To find out the potential energy of a simple harmonic oscillator,

\begin{aligned} E_\text{potential} &= E_\text{total} - E_\text{kinetic}\\&=\frac{1}{2}m \omega^2x_o^2 - \frac{1}{2}m \omega^2(x_o^2 - x^2)\\&=\frac{1}{2}m\omega^2 x^2\end{aligned}

The energy changes of an SHM oscillator changes in a sinusoidal pattern.

### Energy changes according to time

From the velocity equation, the kinetic energy is

\begin{aligned} E_\text{kinetic}&=\frac{1}{2}mv^2\\&=\frac{1}{2}mv_o ^2 \cos^2{\omega t}\end{aligned}

The potential energy is the difference between the total energy and the kinetic energy,

\begin{aligned} E_\text{potential}&=\frac{1}{2}mv_o ^2 - \frac{1}{2}mv_o ^2 \cos^2{\omega t}\\&=\frac{1}{2}mv_o^2(1-\cos^2{\omega t})\\&=\frac{1}{2}mv_o \sin^2{\omega t} \end{aligned}

# The Physics of Simple Harmonic Motion

An object moving in an SHM must obey the relation

\begin{aligned} a=-\omega ^2 x\end{aligned}

where $x$ is the displacement and $\omega$ is the angular frequency of the oscillator. $\omega$  is related to the frequency $f$ of the oscillator by the relation \begin{aligned} w=2\pi f \end{aligned} .

A body is moving in SHM if its acceleration is directly proportional to the displacement and in the opposite direction to the displacement.

In this equation, we observe the following:

• the acceleration of the oscillator is always opposite to the displacement,
• the magnitude of the acceleration is directly proportional to the displacement.

From these two points, we see that the acceleration is greatest when the oscillator is at the maximum displacement while it is zero when the oscillator is at equilibrium.
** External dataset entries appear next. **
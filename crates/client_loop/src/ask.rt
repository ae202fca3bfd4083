ghost use Rattle.std.specs.Prelude.{◌≡◌, Err, IfOk, IfErr};
ghost use Rattle.proto_model.specs.Validity.{IsValidToServer, IsValidFromServer};
ghost use Rattle.client_loop.specs.Asks.{IsAsk, IsAskEnd};
ghost use Rattle.client_loop.specs.Ends.{Counts};

use crate::end::End;
use crate::exchange::{Desk, Reply};
use io_core::Link;
use proto_model::{FromServer, ToServer};
use std::alloc::Global;
use wire_codec::Message;

/// Asks the server at a port.
pub fn ask<L: Link>(
    alloc: Global,
    link: &mut L,
    desk: &mut Desk,
    port: u16,
    question: ToServer,
) -> Result<FromServer, End>
    requires { IsValidToServer question }
    ensures told { L.tells →
        IsAsk port question (L.transcript link.old) (L.transcript link.new) result }
    ensures valid { IfOk result IsValidFromServer }
    ensures ends { IfErr result IsAskEnd }
    ensures faults { Counts (L.faults link.old) (L.faults link.new) (result ≡ Err End.Peer) }
{
    match desk.exchange(alloc, link, port, &Message::ToServer(question)) {
        Ok(Reply::Message(Message::FromServer(answer))) => Ok(answer),
        Ok(Reply::Message(Message::ToNode(_))) => Err(End::Garbled),
        Ok(Reply::Message(Message::FromNode(_))) => Err(End::Garbled),
        Ok(Reply::Message(Message::ToServer(_))) => Err(End::Garbled),
        Ok(Reply::Message(Message::ToRegister(_))) => Err(End::Garbled),
        Ok(Reply::Message(Message::FromRegister(_))) => Err(End::Garbled),
        Ok(Reply::Message(Message::Control(_))) => Err(End::Garbled),
        Ok(Reply::Garbled) => Err(End::Garbled),
        Ok(Reply::Failed) => Err(End::Peer),
        Err(_) => Err(End::Memory),
    }
}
Since force and acceleration is directly proportional $F=ma$ , we see that the restoring force of the oscillator is correspondingly largest at the maximum displacement and zero at equilibrium.

### SHM in a spring

When a object hung on a spring oscillates, it is moving in SHM. There is a restoring force from the spring causing the object to move up and down. There are two ways to start the motion:

1. displace the object to a certain distance and release, or
2. with the oscillator at equilibrium, give it a push such that it starts moving.

Which colour of the graphs would case 1 and 2 belong?

The red graph would have an equation of \begin{aligned} x=x_0 \sin\omega t \end{aligned} while the blue graph is \begin{aligned} x=x_0 \cos \omega t \end{aligned}.

For the rest of this post, I will use the first equation (red), \begin{aligned} x = x_0 \sin \omega t \end{aligned}.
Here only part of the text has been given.